Causes of Down Syndrome
From what is known about the causes of Down syndrome, environmental factors and parents' behavioral activity do not seem to play a role. Most cases (approximately 92 percent) are caused by trisomy 21, which means each cell in the body has three copies of chromosome 21 instead of the usual two copies. These Down syndrome causes, while genetic in nature, are not hereditary in the usual sense; the exception is translocation Down syndrome.
The causes of Down syndrome are genetic problems related to chromosome 21. While Down syndrome is genetic in that it involves an extra chromosome 21, it is not usually hereditary in the conventional sense. That is, Down syndrome is not inherited; it does not "run in families." Down syndrome is usually the result of a random event that occurs during the formation of reproductive cells (eggs and sperm).
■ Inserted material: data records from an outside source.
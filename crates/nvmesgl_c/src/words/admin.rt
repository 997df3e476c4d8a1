//! An admin command as C asks for it.

ghost use Rattle.std.specs.Prelude.{◌≡◌};
ghost use Rattle.nvmesgl_c.specs.AdminRequests as requests;

use crate::words::code::{BAD_OPTION, BAD_SIZE, MEMORY, NO_KIND};
use io_commands::{AdminCommand, BlockSize, Flags, Kind, PageUse, Piece, Pieces, Request};
use std::alloc::Global;

/// How many bytes [`CAdmin`] has.
const SIZE: u32 = 48;

/// What an admin command asks for. A later version may give a meaning to the word that is reserved now.
#[repr(C)]
#[derive(Clone, Copy)]
pub struct CAdmin {
    /// How many bytes the struct has, 48.
    pub size: u32,
    /// The opcode, 0 to 255.
    pub opcode: u32,
    /// The namespace.
    pub nsid: u32,
    /// 0: it has no page. 1: data comes to its page. 2: data is taken from its page.
    pub page: u32,
    /// How many bytes of data the page has, from its start.
    pub bytes: u32,
    /// Command Dword 10.
    pub cdw10: u32,
    /// Command Dword 11.
    pub cdw11: u32,
    /// Command Dword 12.
    pub cdw12: u32,
    /// Command Dword 13.
    pub cdw13: u32,
    /// Command Dword 14.
    pub cdw14: u32,
    /// Command Dword 15.
    pub cdw15: u32,
    /// Zero.
    pub reserved: u32,
}

/// What a number says of a page, if it says anything.
fn use_of(number: u32) -> Option<PageUse>
    ensures { result ≡ requests.use_of number }
{
    match number {
        0 => Some(PageUse::Nothing),
        1 => Some(PageUse::In),
        2 => Some(PageUse::Out),
        _ => None,
    }
}

/// The pieces of this many bytes from the start of a page: none of no bytes.
///
/// # Errors
///
/// Memory is refused.
fn pieces_of(alloc: Global, bytes: u32) -> Result<Pieces, u32>
    ensures { requests.AreMade (requests.pieces_of bytes) result }
{
    let mut pieces = Pieces::new(alloc);
    if bytes == 0 {
        return Ok(pieces);
    }
    let piece = Piece::Data {
        offset: 0,
        len: bytes,
    };
    match pieces.push(piece) {
        Ok(()) => Ok(pieces),
        Err(_) => Err(MEMORY),
    }
}

/// The command of these words.
fn command_of(asked: &CAdmin, opcode: u8, page: PageUse) -> AdminCommand
    ensures { result ≡ requests.command_of asked.now opcode page }
{
    AdminCommand {
        opcode,
        page,
        cdw10: asked.cdw10,
        cdw11: asked.cdw11,
        cdw12: asked.cdw12,
        cdw13: asked.cdw13,
        cdw14: asked.cdw14,
        cdw15: asked.cdw15,
    }
}

/// The request that C asks for.
///
/// # Errors
///
/// The code of the first that holds: the struct has another size; its reserved word is not 0; there is no such opcode, or no such use of a page; memory is refused.
pub fn admin_of(alloc: Global, asked: &CAdmin) -> Result<Request, u32>
    ensures { requests.IsMade (requests.admin_of asked.now) result }
{
    if asked.size != SIZE {
        return Err(BAD_SIZE);
    }
    if asked.reserved != 0 {
        return Err(BAD_OPTION);
    }
    let Ok(opcode) = u8::try_from(asked.opcode) else {
        return Err(NO_KIND);
    };
    let Some(page) = use_of(asked.page) else {
        return Err(NO_KIND);
    };
    Ok(Request {
        kind: Kind::Admin(command_of(asked, opcode, page)),
        nsid: asked.nsid,
        flags: Flags::NONE,
        slba: 0,
        block_size: BlockSize::Bytes512,
        blocks: 0,
        pieces: pieces_of(alloc, asked.bytes)?,
    })
}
One exception is Down syndrome caused by a balanced translocation (see below).
As far as we know, Down syndrome is not caused by any behavioral activity of the parents or environmental factors.
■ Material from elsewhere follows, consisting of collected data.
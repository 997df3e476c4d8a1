//! Lent memory, for a look that empties the touched list.

ghost use Rattle.std.specs.Prelude.{◌≡◌};

use crate::words::lent::Lent;
use arrayvec::ArrayVec;
use page_memory::{Dma, PageNo, TouchRecord, Unreadable};

/// Lent memory, and how many touches its list does not have any more.
#[derive(Drop)]
pub struct Recorded<'a, M> {
    /// The memory.
    pub lent: &'a mut M,
    /// How many touches were taken off its list.
    pub unlisted: u64,
}

impl<'a, M: Lent> Dma for Recorded<'a, M> {
    ghost use Rattle.nvmesgl_c.specs.{Named.named_memory, Regions.paired};

    // the name of the borrow and what the memory keeps are beyond all addresses, since each count here has another use
    ghost memory = { λ m. named_memory (M.memory m.lent.now) (paired m.lent.ghost_name (M.unlisted m.lent.now)) };

    ghost reached = { λ m. M.reached m.lent.now };

    ghost unlisted = { λ m. m.unlisted };

    ghost page_count = { λ m. M.page_count m.lent.now };

    fn pool_pages(&self) -> u32 {
        self.lent.pool_pages()
    }

    fn read(&mut self, addr: u64, into: &mut [u8]) -> Result<(), Unreadable> {
        self.lent.read(addr, into)
    }

    fn write(&mut self, addr: u64, bytes: &[u8]) -> Result<(), Unreadable> {
        self.lent.write(addr, bytes)
    }
}

impl<'a, M: Lent> TouchRecord for Recorded<'a, M> {
    fn touched(&self) -> &ArrayVec<PageNo, 4> {
        self.lent.touched()
    }

    fn touches(&self) -> u64 {
        self.unlisted.wrapping_add(self.lent.touched().len() as u64)
    }

    fn clear(&mut self) {
        self.unlisted = self.touches();
        self.lent.clear();
    }
}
Chromosomes, the spaghetti-like strands of hereditary material found in each cell of the body, determine such characteristics as the color of our eyes and hair, our height, and whether we are male or female. In humans, there are 23 pairs of chromosomes in each cell. A person inherits one copy of each chromosome from each parent.
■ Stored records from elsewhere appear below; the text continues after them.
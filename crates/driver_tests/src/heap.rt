//! A heap that refuses on purpose, and what opens in it.

use std::alloc::{Allocator, Global};
use std::process::Abort;
use step_core::Image;
use test_support::Refusing;

/// A heap that refuses on purpose.
pub(crate) type Heap = Refusing<Global>;

/// More growths than anything here has.
pub(crate) const MANY: u64 = 5_000;

/// An image of 64 zero blocks.
pub(crate) fn zeros<A: Allocator, R: Abort>(rt: &R, alloc: A) -> Image<A> {
    match Image::zeroed(alloc, 64) {
        Ok(image) => image,
        Err(_) => panic!(rt; "no image"),
    }
}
Each cell contains 22 pairs of chromosomes (called autosomes) that are the same in males and females. The remaining pair of chromosomes, the X- and Y-chromosomes, are not shaped similarly, and thus are not matched in the same way as the autosomes. The X- and Y-chromosomes are called sex chromosomes. They are responsible for the difference in development between males and females. A Y-chromosome contains genes responsible for testis development; and the presence of an X-chromosome paired with a Y-chromosome will determine male development. On the other hand, two X-chromosomes are required for normal ovarian development in females.